Chef Nieves Barragán Mohacho serves outstanding tapas dishes such as chargrilled milk-fed lamb's kidneys (£9) and stuffed courgette flower (£7.80) at the counter in Barrafina, which has now grown to three branches. The service and the team spirit is almost as impressive as the food. My favorite outlet is Barrafina Adelaide Street, which just won best U.K. restaurant in the Observer Food Monthly awards. Arrive early or be prepared to queue.

The Ivy

This is my favorite counter in London. Civilians used to find it almost impossible to get a table at this showbiz restaurant, but things are more democratic these days. Try walking in without a reservation, and there is a fair chance you will make it to the counter, which occupies the center of the room after a refurbishment last year. It's the perfect spot to people-watch, while the food is first class. Just beware of imitators called Ivy Cafe, Grill, etc. There is only one Ivy, and it is on West Street in Covent Garden.

Bocca di Lupo

This small Italian restaurant was a pioneer of counter dining when it opened eight years ago. Chef Jacob Kenedy and his team prepare small or large plates of regional dishes such as manzo di pozza home cured beef, pecorino, and rocket from Tuscany; and tripe with guanciale, chilli, tomato, pecorino, and oregano, from Rome.
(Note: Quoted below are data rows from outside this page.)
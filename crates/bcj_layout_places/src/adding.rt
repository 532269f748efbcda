//! Sums of words and of bytes. One past 32 bits fits no memory.

ghost use Rattle.std.specs.Prelude.{◌≡◌, ◌+◌, ◌*◌, IfOk};
ghost use Rattle.bcj_layout_rules.specs.Places.{word_size};

use std::alloc::AllocError;

/// The bytes of a word.
const WORD_SIZE: u32 = 4;

pub fn plus(words: u32, more: u32) -> Result<u32, AllocError>
    ensures { IfOk result (λ n. n ≡ words + more) }
{
    words.checked_add(more).ok_or(AllocError)
}

/// The address behind so many words.
pub fn behind(at: u32, words: u32) -> Result<u32, AllocError>
    ensures { IfOk result (λ n. n ≡ at + word_size * words) }
{
    match words.checked_mul(WORD_SIZE) {
        None => Err(AllocError),
        Some(bytes) => plus(at, bytes),
    }
}

/// With so many more.
pub fn with_count(words: u32, count: usize) -> Result<u32, AllocError>
    ensures { IfOk result (λ n. n ≡ words + count) }
{
    match u32::try_from(count) {
        Err(_) => Err(AllocError),
        Ok(count) => plus(words, count),
    }
}
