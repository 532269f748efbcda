//! Where the parts of an image begin.
#![tactic(auto)]

mod adding;
mod classes;
mod part;
mod places;
mod start;
mod types;

pub use part::Words;
pub use places::{Places, find_places};
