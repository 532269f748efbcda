//! The words of the start code.

ghost use Rattle.std.specs.Prelude.{◌≡◌};
ghost use Rattle.std.specs.List.{list_any};
ghost use Rattle.std.specs.Option.{option_copied};
ghost use Rattle.bcj_layout_rules.specs.Places as places;

use bcj_symbolic_trees::MethodKind;
use bcj_tables_rules::{ClassRecord, MethodRecord};

/// The descriptor of a `main` that takes arguments.
const WITH_ARGUMENTS: &str = "([LString;)V";

/// The words of the start code, by whether main takes arguments.
const LONG_START: u32 = 30;

const SHORT_START: u32 = 23;

fn is_main(method: &MethodRecord) -> bool
    ensures { result ≡ places.is_main places.main_with_arguments method.now }
{
    method.name.as_str() == "main"
        && method.desc.as_str() == WITH_ARGUMENTS
        && matches!(method.kind, MethodKind::Static)
}

fn has_main(methods: &[MethodRecord]) -> bool
    ensures { result ≡ list_any (places.is_main places.main_with_arguments) methods.now }
{
    methods.iter().any(|method| is_main(method))
}

#[tactic(auto, using(crate::proofs::Searches::any_by_find))]
fn declares_main(class: &ClassRecord) -> bool
    ensures { result ≡ places.declares_main places.main_with_arguments class.now }
{
    has_main(class.methods.as_slice())
}

fn named<'a>(classes: &'a [ClassRecord], name: &str) -> Option<&'a ClassRecord>
    ensures { option_copied result ≡ places.record_of classes.now name.now }
{
    classes
        .iter()
        .find(|class| class.head.name.as_str() == name)
}

/// Whether the main class has a `main` that takes arguments.
pub fn takes_arguments(classes: &[ClassRecord], main: &str) -> bool
    ensures { result ≡ places.takes_arguments classes.now main.now }
{
    match named(classes, main) {
        None => false,
        Some(class) => declares_main(class),
    }
}

/// The words of the start code.
pub fn start_words(classes: &[ClassRecord], main: &str) -> u32
    ensures { result ≡ places.start_words classes.now main.now }
{
    if takes_arguments(classes, main) {
        LONG_START
    } else {
        SHORT_START
    }
}
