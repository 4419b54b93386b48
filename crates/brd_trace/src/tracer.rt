//! Going through a journal.

ghost use Rattle.std.specs.Prelude.{
  ◌≡◌,
  ◌≤◌,
  ◌<◌,
  ◌++◌,
  ◌+◌,
  ◌^◌,
  ◌&&◌,
  ℕ,
  Some,
  not,
  [],
  List as ListOf,
  length,
  IfOk,
  OnOk,
  None,
  true,
  false,
};
ghost use Rattle.brd_board.specs.declared.event.Event.{Event as EventOf};
ghost use Rattle.brd_board.specs.Board.{BoardState as BoardOf};
ghost use Rattle.brd_journal.specs.Playing.{IsPlayed};
ghost use Rattle.brd_journal.specs.Runs.{ComesBehind};
ghost use Rattle.brd_listing.specs.Listing.{IsBehind};
ghost use Rattle.brd_printer.specs.declared.printer.Manner.{Manner as MannerOf};
ghost use Rattle.brd_seen.specs.Quiets.{quiet_of};
ghost use Rattle.brd_trace.specs.Noted.{KeepsKnown};
ghost use Rattle.brd_trace.specs.Recorded.{begun_of, IsNoted};
ghost use Rattle.brd_recording.specs.Recording.{IsTimeline};
ghost use Rattle.brd_trace.specs.Dated.{IsDated};
ghost use Rattle.brd_printer.specs.Links.{ended_text, linked_on};
ghost use Rattle.brd_printer.specs.Concerns.{does_other};
ghost use Rattle.brd_printer.specs.Telling.{
  held_text,
  with_held,
  held_quiet,
  text_quiet,
  held_more,
  text_more,
  more_of,
  instruction_in,
  is_untold,
  is_ran,
  may_list,
  shown,
  shown_by,
  IsFirstLine,
  IsTrace,
  Tells,
  TellsLine,
  TellsOther,
};

use crate::notes::{Notes, Scene};
use crate::playback::next_of;
use crate::source::put_source_of;
use brd_base::NoMemory;
use brd_board::{Board, Report, Standing};
use brd_happening::{Before, Happening, Instruction, What};
use brd_journal::{Journal, Moved, Playback, Run};
use brd_names::{Heading, Names, Quiet, Stretch, printable};
use brd_printer::{Links, Manner, Options, Printer, chosen_standing, does_other, linked_on};
use brd_seen::{quiet_of, tick_of};
use brd_timeline::Timeline;
use std::alloc::Global;

/// How many bytes of lines are made before they are written.
const ENOUGH: usize = 65_536;

/// A board that plays a journal, and what is told of it.
#[derive(Drop)]
pub struct Tracer {
    /// The board, and how many events it has played.
    pub playback: Playback,
    /// What is shown, and what is held back.
    pub printer: Printer,
    /// What is known of the board.
    pub notes: Notes,
    /// Where the journal looks for the next event's run.
    near: usize,
}
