/// That state with its rows one by one.
const STORED_ROWS: [u8; 404] = [
    3, 0, 0, 0, 85, 83, 68, 3, 0, 0, 0, 0, 0, 0, 0, 7, 0, 0, 0, 98, 105, 108, 108, 105, 110, 103,
    1, 0, 0, 0, 0, 0, 0, 0, 2, 4, 0, 0, 0, 99, 100, 45, 49, 1, 0, 1, 0, 0, 0, 4, 0, 0, 0, 116, 101,
    97, 109, 8, 0, 0, 0, 112, 108, 97, 116, 102, 111, 114, 109, 8, 57, 7, 0, 3, 0, 0, 0, 0, 148,
    53, 119, 0, 0, 0, 0, 5, 0, 0, 0, 72, 111, 117, 114, 115, 1, 0, 0, 0, 2, 0, 0, 0, 118, 109, 1,
    0, 0, 0, 128, 0, 146, 101, 0, 0, 0, 0, 10, 0, 0, 0, 0, 0, 0, 0, 7, 0, 0, 0, 98, 105, 108, 108,
    105, 110, 103, 2, 0, 0, 0, 0, 0, 0, 0, 1, 2, 0, 0, 0, 7, 0, 0, 0, 98, 105, 108, 108, 105, 110,
    103, 3, 0, 0, 0, 0, 0, 0, 0, 3, 4, 0, 0, 0, 116, 101, 97, 109, 1, 0, 0, 0, 8, 0, 0, 0, 112,
    108, 97, 116, 102, 111, 114, 109, 1, 2, 0, 0, 0, 4, 0, 0, 0, 100, 97, 116, 97, 1, 0, 0, 0, 0,
    0, 0, 0, 3, 0, 0, 0, 119, 101, 98, 3, 0, 0, 0, 0, 0, 0, 0, 1, 0, 0, 0, 1, 2, 0, 0, 0, 0, 225,
    245, 5, 0, 0, 0, 0, 0, 225, 245, 5, 0, 0, 0, 0, 1, 0, 128, 0, 146, 101, 0, 0, 0, 0, 144, 14,
    146, 101, 0, 0, 0, 0, 0, 0, 0, 1, 0, 202, 154, 59, 0, 0, 0, 0, 1, 5, 0, 0, 0, 72, 111, 117,
    114, 115, 1, 2, 0, 0, 0, 118, 109, 0, 1, 0, 0, 0, 4, 0, 0, 0, 116, 101, 97, 109, 3, 0, 0, 0,
    119, 101, 98, 128, 240, 250, 2, 0, 0, 0, 0, 128, 240, 250, 2, 0, 0, 0, 0, 1, 0, 128, 0, 146,
    101, 0, 0, 0, 0, 144, 14, 146, 101, 0, 0, 0, 0, 0, 0, 0, 1, 0, 101, 205, 29, 0, 0, 0, 0, 1, 5,
    0, 0, 0, 72, 111, 117, 114, 115, 1, 2, 0, 0, 0, 118, 109, 0, 1, 0, 0, 0, 4, 0, 0, 0, 116, 101,
    97, 109, 4, 0, 0, 0, 100, 97, 116, 97,
];

/// That state with a purchase more for its commitment: as much as goes with the 10 nanos that it cost before.
const STORED_ADDED: [u8; 469] = [
    3, 0, 0, 0, 85, 83, 68, 4, 0, 0, 0, 0, 0, 0, 0, 7, 0, 0, 0, 98, 105, 108, 108, 105, 110, 103,
    1, 0, 0, 0, 0, 0, 0, 0, 2, 4, 0, 0, 0, 99, 100, 45, 49, 1, 0, 1, 0, 0, 0, 4, 0, 0, 0, 116, 101,
    97, 109, 8, 0, 0, 0, 112, 108, 97, 116, 102, 111, 114, 109, 8, 57, 7, 0, 3, 0, 0, 0, 0, 148,
    53, 119, 0, 0, 0, 0, 5, 0, 0, 0, 72, 111, 117, 114, 115, 1, 0, 0, 0, 2, 0, 0, 0, 118, 109, 1,
    0, 0, 0, 128, 0, 146, 101, 0, 0, 0, 0, 10, 0, 0, 0, 0, 0, 0, 0, 7, 0, 0, 0, 98, 105, 108, 108,
    105, 110, 103, 2, 0, 0, 0, 0, 0, 0, 0, 1, 2, 0, 0, 0, 7, 0, 0, 0, 98, 105, 108, 108, 105, 110,
    103, 3, 0, 0, 0, 0, 0, 0, 0, 3, 4, 0, 0, 0, 116, 101, 97, 109, 1, 0, 0, 0, 8, 0, 0, 0, 112,
    108, 97, 116, 102, 111, 114, 109, 1, 2, 0, 0, 0, 4, 0, 0, 0, 100, 97, 116, 97, 1, 0, 0, 0, 0,
    0, 0, 0, 3, 0, 0, 0, 119, 101, 98, 3, 0, 0, 0, 0, 0, 0, 0, 7, 0, 0, 0, 98, 105, 108, 108, 105,
    110, 103, 4, 0, 0, 0, 0, 0, 0, 0, 5, 4, 0, 0, 0, 99, 100, 45, 49, 144, 14, 146, 101, 0, 0, 0,
    0, 246, 255, 137, 93, 120, 69, 99, 1, 1, 0, 0, 0, 2, 2, 0, 0, 0, 5, 0, 0, 0, 5, 0, 0, 0, 72,
    111, 117, 114, 115, 2, 0, 0, 0, 118, 109, 4, 0, 0, 0, 116, 101, 97, 109, 3, 0, 0, 0, 119, 101,
    98, 4, 0, 0, 0, 100, 97, 116, 97, 0, 225, 245, 5, 0, 0, 0, 0, 128, 240, 250, 2, 0, 0, 0, 0, 0,
    225, 245, 5, 0, 0, 0, 0, 128, 240, 250, 2, 0, 0, 0, 0, 1, 1, 0, 0, 128, 0, 146, 101, 0, 0, 0,
    0, 128, 0, 146, 101, 0, 0, 0, 0, 144, 14, 146, 101, 0, 0, 0, 0, 144, 14, 146, 101, 0, 0, 0, 0,
    0, 0, 0, 0, 0, 0, 0, 0, 0, 0, 0, 0, 1, 1, 0, 202, 154, 59, 0, 0, 0, 0, 0, 101, 205, 29, 0, 0,
    0, 0, 1, 0, 0, 0, 1, 0, 0, 0, 2, 0, 0, 0, 2, 0, 0, 0, 0, 0, 0, 0, 0, 0, 0, 0, 1, 0, 0, 0, 3, 0,
    0, 0, 4, 0, 0, 0, 1, 0, 0, 0, 3, 0, 0, 0, 5, 0, 0, 0,
];

/// Kind 5, from `billing`, number 4: two nanos that are paid for `cd-1` in second 1,704,070,800, as another program spelled it.
const ADD: [u8; 44] = [
    7, 0, 0, 0, 98, 105, 108, 108, 105, 110, 103, 4, 0, 0, 0, 0, 0, 0, 0, 5, 4, 0, 0, 0, 99, 100,
    45, 49, 144, 14, 146, 101, 0, 0, 0, 0, 2, 0, 0, 0, 0, 0, 0, 0,
];

/// The group of that entry, and of the one behind it, which adds the same.
const ADD_TWICE: [u8; 92] = [
    2, 0, 0, 0, 7, 0, 0, 0, 98, 105, 108, 108, 105, 110, 103, 4, 0, 0, 0, 0, 0, 0, 0, 5, 4, 0, 0,
    0, 99, 100, 45, 49, 144, 14, 146, 101, 0, 0, 0, 0, 2, 0, 0, 0, 0, 0, 0, 0, 7, 0, 0, 0, 98, 105,
    108, 108, 105, 110, 103, 5, 0, 0, 0, 0, 0, 0, 0, 5, 4, 0, 0, 0, 99, 100, 45, 49, 144, 14, 146,
    101, 0, 0, 0, 0, 2, 0, 0, 0, 0, 0, 0, 0,
];

/// What bytes are read as.
#[derive(Clone, Copy, Drop)]
enum What {
    Entry(Form),
    Group(Form),
    Segment,
    State(Form),
}

/// Reads the bytes and writes what was read.
fn again(alloc: Global, what: What, bytes: &[u8]) -> Result<Vec<u8>, DecodeFault> {
    match what {
        What::Entry(form) => entry_again(alloc, form, bytes),
        What::Group(form) => group_again(alloc, form, bytes),
        What::Segment => segment_again(alloc, bytes),
        What::State(form) => state_again(alloc, form, bytes),
    }
}

fn entry_again(alloc: Global, form: Form, bytes: &[u8]) -> Result<Vec<u8>, DecodeFault> {
    let one = decode_entry(alloc, form, bytes)?;
    encode_entry(alloc, &one).or(Err(DecodeFault::NoMemory))
}

fn group_again(alloc: Global, form: Form, bytes: &[u8]) -> Result<Vec<u8>, DecodeFault> {
    let one = decode_group(alloc, form, bytes)?;
    encode_group(alloc, &one).or(Err(DecodeFault::NoMemory))
}

fn segment_again(alloc: Global, bytes: &[u8]) -> Result<Vec<u8>, DecodeFault> {
    let one = decode_segment(alloc, bytes)?;
    let layout = match bytes {
        [2, ..] => SegmentLayout::Columns,
        _ => SegmentLayout::Rows,
    };
    encode_segment(alloc, &one, layout).or(Err(DecodeFault::NoMemory))
}

fn state_again(alloc: Global, form: Form, bytes: &[u8]) -> Result<Vec<u8>, DecodeFault> {
    let one = decode_state(alloc, form, bytes)?;
    encode_state(alloc, &one).or(Err(DecodeFault::NoMemory))
}

/// Where the first fault is, if there is one.
fn fault(alloc: Global, what: What, bytes: &[u8]) -> Result<Option<usize>, AllocError> {
    match again(alloc, what, bytes) {
        Ok(_) => Ok(None),
        Err(DecodeFault::Corrupt { at }) => Ok(Some(at)),
        Err(DecodeFault::NoMemory) => Err(AllocError),
    }
}

/// Where the first fault is once the byte at a place is another.
fn fault_with(
    alloc: Global,
    what: What,
    bytes: &[u8],
    place: usize,
    byte: u8,
) -> Result<Option<usize>, AllocError> {
    let mut changed = joined(alloc, &[bytes])?;
    if place < changed.len() {
        changed[place] = byte;
    }
    fault(alloc, what, &changed)
}

/// Whether the bytes are read, and written as others.
fn is_written_as(
    alloc: Global,
    what: What,
    bytes: &[u8],
    others: &[u8],
) -> Result<bool, AllocError> {
    match again(alloc, what, bytes) {
        Ok(written) => Ok(written.as_slice() == others),
        Err(DecodeFault::Corrupt { .. }) => Ok(false),
        Err(DecodeFault::NoMemory) => Err(AllocError),
    }
}

/// Bytes by hand, and what they spell.
const SPELLED: &[(What, &[u8])] = &[
    (What::Entry(Form::One), &ENTRY),
    (What::Group(Form::One), &GROUP),
    (What::Segment, &SEGMENT),
    (What::Segment, &COLUMNS),
    (What::State(Form::One), &EMPTY),
    (What::State(Form::One), &STORED_RUN),
    (What::Entry(Form::Two), &ADD),
    (What::Group(Form::Two), &ADD_TWICE),
];

/// How many fronts of the bytes have a fault: each of them should.
fn faulty_fronts(alloc: Global, what: What, bytes: &[u8]) -> Result<usize, AllocError> {
    let mut count = 0_usize;
    for len in 0..bytes.len() {
        if fault(alloc, what, &bytes[..len])?.is_some() {
            count = count.saturating_add(1);
        }
    }
    Ok(count)
}

/// Whether changed bytes are read and written again as they are, or refused with a fault within them.
fn is_noticed(alloc: Global, what: What, changed: &[u8]) -> Result<bool, AllocError> {
    match again(alloc, what, changed) {
        Ok(written) => Ok(written.as_slice() == changed),
        Err(DecodeFault::Corrupt { at }) => Ok(at <= changed.len()),
        Err(DecodeFault::NoMemory) => Err(AllocError),
    }
}
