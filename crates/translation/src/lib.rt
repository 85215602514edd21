// Translation between the six formats: one is read, another is written, under the same account.
#![tactic(auto)]

ghost use Rattle.std.specs.Prelude.{◌≡◌, length};
ghost use Rattle.nibbles.specs.Nibbles.{row};
ghost use Rattle.numbers.specs.Numbers.{done};
ghost use Rattle.numbers.specs.Promise.{Does, quietly};
ghost use Rattle.pins.specs.Pins.{account_field};
ghost use Rattle.answers.specs.Answers.{block_of};
ghost use Rattle.translation.specs.Translation.{carried_block, translate_block};

use formats::Format;
use numbers::{Refusal, Reply};
use settings::Settings;

// Reads in the one format and writes in the other, under the account.
fn carried(from: Format, to: Format, account: u64, block: u64, fill: u64) -> Result<u64, Refusal>
    ensures { result ≡ block_of (carried_block (done (from, to)) (account_field (row 12 account)) (row 16 block) (row 16 fill)) }
{
    let field = pins::field(account);
    let pin = blocks::read(from, field, block)?;
    Ok(blocks::write(to, field, pin, fill))
}

// Judges the call: 901, 15 for block, account and fill, 23, 69, the block.
#[tactic(auto, unfolding(crate::specs::Translation::translate_block))]
fn judged(
    settings: Settings,
    from: u32,
    to: u32,
    block: &[u8],
    account: &[u8],
    fill: &[u8],
    room: usize,
) -> Result<u64, Refusal>
    ensures { result ≡ block_of (translate_block settings.restricted from to block.now account.now fill.now room) }
{
    if room < codes::block_width(to) {
        return Err(Refusal::Room901);
    }
    let row = pins::sized_row(block, codes::block_width(from))?;
    let digits = pins::account(account)?;
    let filler = pins::sized_row(fill, 8)?;
    let (read, written) = pairs::pair(settings.restricted, from, to)?;
    carried(read, written, digits, row, filler)
}

// Translates a block.
pub fn translate(
    settings: Settings,
    from: u32,
    to: u32,
    block: &[u8],
    account: &[u8],
    fill: &[u8],
    out: &mut [u8],
) -> Reply
    ensures { Does (quietly (translate_block settings.restricted from to block.now account.now fill.now (length out.old))) out.old result out.new }
{
    answers::answer(
        judged(settings, from, to, block, account, fill, out.len()),
        out,
    )
}
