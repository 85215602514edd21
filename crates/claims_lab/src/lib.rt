// What the lab's answering call answers, as laws over the definitions that the exported call's promise cites.

#![tactic(auto)]
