// The field of the weak PINs.
#![tactic(auto)]

ghost use Rattle.std.specs.Prelude.{◌≡◌, ◌≤◌, drop};
ghost use Rattle.weakfield.specs.WeakField.{none_at, listed, weak_field};
ghost use Rattle.fields.specs.Answers.{found_at};

use alphabet::Class;
use fields::Cursor;
use numbers::Refusal;
use weak::Weak;

fn none_at(start: usize) -> Weak
    ensures { result ≡ none_at start }
{
    Weak {
        count: 0,
        length: 0,
        list: start,
    }
}

// The length and the list behind a count.
fn list_behind(count: usize, cursor: Cursor, command: &[u8]) -> Result<(Weak, Cursor), Refusal>
    requires { count ≤ 99 }
    ensures { result ≡ found_at cursor.at (listed cursor.at count (drop cursor.at command.now)) }
{
    if count == 0 {
        return Ok((none_at(cursor.at), cursor));
    }
    let short = Refusal::WeakList03;
    let (length, list) = cursor.number(command, 4, 12, Refusal::Field15)?;
    let (_, next) = list.run(command, count * length, Class::Digit, short, short)?;
    let weak = Weak {
        count,
        length,
        list: list.at,
    };
    Ok((weak, next))
}

// The optional weak list, behind its mark.
pub fn weak_field(cursor: Cursor, command: &[u8], mark: u8) -> Result<(Weak, Cursor), Refusal>
    ensures { result ≡ found_at cursor.at (weak_field mark cursor.at (drop cursor.at command.now)) }
{
    let Some(digits) = cursor.mark(command, mark) else {
        return Ok((none_at(cursor.at), cursor));
    };
    let (count, next) = digits.number(command, 0, 99, Refusal::WeakList03)?;
    list_behind(count, next, command)
}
You can bring your own white truffle. The best seats are all at the counter. The tables squeezed in at the back are to be avoided.

45 Jermyn St.

This restaurant beside Fortnum & Mason has the feel of a private dining club. The room is glamorous and beautifully lit. The menu is accessible, with dishes such as burrata with heritage tomatoes and shallots (£10.75), and Dover Sole a la Meunière (£38.50). The counter alongside one side of the room is just the place for a hushed conversation over Champagne cocktails such as the Amilia (£13.50) with peach and apricot. It's open until 11:30 p.m. on Fridays and Saturdays — handy for a post-theater supper.

Blanchette East

This East London restaurant serves French food with a North African twist, or vice versa. Dishes such as saffron couscous with tabbouleh and pomegranate yoghurt (£5.50) and warm smoked haddock with peas, potato, bacon, and grated egg (£7.50) taste good wherever you sit. But there is nowhere finer than to perch at the counter and watch life on Brick Lane.